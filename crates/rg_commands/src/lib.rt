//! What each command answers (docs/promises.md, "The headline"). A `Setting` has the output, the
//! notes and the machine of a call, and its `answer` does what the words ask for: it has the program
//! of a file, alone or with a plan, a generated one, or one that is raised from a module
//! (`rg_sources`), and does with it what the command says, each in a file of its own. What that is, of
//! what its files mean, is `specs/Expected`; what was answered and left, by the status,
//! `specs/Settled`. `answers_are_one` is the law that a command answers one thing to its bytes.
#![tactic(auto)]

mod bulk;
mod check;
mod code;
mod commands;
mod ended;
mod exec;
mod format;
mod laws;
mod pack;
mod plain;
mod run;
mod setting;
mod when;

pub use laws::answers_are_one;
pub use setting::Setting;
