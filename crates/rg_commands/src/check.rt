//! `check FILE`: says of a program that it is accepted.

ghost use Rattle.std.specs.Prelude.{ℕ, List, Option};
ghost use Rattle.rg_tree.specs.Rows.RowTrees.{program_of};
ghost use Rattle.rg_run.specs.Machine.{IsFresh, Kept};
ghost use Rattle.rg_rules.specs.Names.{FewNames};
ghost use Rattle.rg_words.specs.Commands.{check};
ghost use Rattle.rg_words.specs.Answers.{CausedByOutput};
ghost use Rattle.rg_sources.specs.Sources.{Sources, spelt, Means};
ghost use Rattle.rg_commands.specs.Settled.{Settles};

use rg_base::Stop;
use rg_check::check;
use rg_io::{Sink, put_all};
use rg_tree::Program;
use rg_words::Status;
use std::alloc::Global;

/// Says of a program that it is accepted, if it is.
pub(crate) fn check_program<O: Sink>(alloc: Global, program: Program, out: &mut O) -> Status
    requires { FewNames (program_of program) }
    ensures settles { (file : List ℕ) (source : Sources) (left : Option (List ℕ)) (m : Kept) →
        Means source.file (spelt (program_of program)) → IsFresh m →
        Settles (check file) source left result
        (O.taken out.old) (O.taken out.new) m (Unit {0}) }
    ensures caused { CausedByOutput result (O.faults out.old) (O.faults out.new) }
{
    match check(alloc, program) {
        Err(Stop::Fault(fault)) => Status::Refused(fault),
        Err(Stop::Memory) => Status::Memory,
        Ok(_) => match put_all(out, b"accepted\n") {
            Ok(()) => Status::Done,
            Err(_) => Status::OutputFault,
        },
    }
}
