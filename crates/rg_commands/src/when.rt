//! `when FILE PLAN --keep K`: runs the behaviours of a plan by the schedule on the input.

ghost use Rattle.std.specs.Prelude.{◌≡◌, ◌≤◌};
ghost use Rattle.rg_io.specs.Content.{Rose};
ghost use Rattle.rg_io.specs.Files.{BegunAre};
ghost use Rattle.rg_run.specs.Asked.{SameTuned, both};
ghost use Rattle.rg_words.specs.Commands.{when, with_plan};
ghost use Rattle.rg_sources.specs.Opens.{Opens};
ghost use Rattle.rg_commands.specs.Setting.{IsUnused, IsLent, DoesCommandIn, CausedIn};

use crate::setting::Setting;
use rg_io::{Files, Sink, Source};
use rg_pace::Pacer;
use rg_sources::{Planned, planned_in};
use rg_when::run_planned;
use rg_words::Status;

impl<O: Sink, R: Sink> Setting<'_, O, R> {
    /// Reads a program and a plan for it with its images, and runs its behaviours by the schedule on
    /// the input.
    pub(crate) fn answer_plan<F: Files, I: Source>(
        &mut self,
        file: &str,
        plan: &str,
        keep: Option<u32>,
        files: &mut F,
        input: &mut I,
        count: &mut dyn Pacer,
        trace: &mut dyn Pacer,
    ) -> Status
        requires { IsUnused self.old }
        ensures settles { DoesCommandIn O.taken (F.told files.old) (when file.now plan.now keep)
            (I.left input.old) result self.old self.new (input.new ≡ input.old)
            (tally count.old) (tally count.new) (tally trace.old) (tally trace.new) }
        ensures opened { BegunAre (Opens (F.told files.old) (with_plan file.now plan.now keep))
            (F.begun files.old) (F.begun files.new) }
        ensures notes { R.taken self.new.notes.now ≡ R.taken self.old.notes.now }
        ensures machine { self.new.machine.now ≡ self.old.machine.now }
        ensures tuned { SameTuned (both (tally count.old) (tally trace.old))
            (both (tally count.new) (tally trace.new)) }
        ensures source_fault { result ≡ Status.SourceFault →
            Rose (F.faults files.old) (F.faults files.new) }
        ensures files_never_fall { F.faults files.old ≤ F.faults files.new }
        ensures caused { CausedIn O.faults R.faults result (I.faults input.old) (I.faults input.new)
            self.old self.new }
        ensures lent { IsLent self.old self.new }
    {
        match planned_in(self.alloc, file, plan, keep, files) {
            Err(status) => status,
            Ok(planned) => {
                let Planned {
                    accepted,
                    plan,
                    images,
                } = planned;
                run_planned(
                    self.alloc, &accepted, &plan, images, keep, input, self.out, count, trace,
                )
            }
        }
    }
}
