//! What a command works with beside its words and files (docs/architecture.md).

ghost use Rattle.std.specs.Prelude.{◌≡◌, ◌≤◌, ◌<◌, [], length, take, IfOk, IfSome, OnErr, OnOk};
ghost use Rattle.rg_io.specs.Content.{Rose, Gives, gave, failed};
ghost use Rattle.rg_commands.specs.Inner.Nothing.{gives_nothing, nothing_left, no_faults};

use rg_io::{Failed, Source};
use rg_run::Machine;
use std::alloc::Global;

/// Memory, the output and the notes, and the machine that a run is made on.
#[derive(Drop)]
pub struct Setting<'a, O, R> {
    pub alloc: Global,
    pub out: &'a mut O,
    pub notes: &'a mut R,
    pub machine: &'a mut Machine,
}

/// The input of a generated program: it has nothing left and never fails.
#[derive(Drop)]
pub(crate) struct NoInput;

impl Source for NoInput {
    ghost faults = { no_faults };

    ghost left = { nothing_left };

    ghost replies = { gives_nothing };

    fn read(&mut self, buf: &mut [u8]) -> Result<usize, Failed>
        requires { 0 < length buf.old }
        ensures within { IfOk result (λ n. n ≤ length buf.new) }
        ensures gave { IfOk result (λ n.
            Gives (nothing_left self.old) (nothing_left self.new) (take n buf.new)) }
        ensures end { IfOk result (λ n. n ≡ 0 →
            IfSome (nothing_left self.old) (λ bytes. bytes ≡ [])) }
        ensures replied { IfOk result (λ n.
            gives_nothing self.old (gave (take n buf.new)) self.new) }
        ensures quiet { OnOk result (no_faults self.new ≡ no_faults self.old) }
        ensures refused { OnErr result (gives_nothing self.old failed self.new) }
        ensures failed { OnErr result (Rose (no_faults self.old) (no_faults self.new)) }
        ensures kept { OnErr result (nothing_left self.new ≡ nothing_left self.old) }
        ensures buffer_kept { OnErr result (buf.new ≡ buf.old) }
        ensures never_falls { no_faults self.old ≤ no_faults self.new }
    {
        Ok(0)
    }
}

Work instruction ->
Give back exactly the lines from the first line of the records through the line holding "what its files", including both of those lines and leaving out all others.

Completed exercise ->
filename crates/rg_commands/src/lib.rt
//! What each command answers (docs/promises.md, "The headline"). A `Setting` has the output, the
//! notes and the machine of a call, and its `answer` does what the words ask for: it has the program
//! of a file, alone or with a plan, a generated one, or one that is raised from a module
//! (`rg_sources`), and does with it what the command says, each in a file of its own. What that is, of
//! what its files mean, is `specs/Expected`; what was answered and left, by the status,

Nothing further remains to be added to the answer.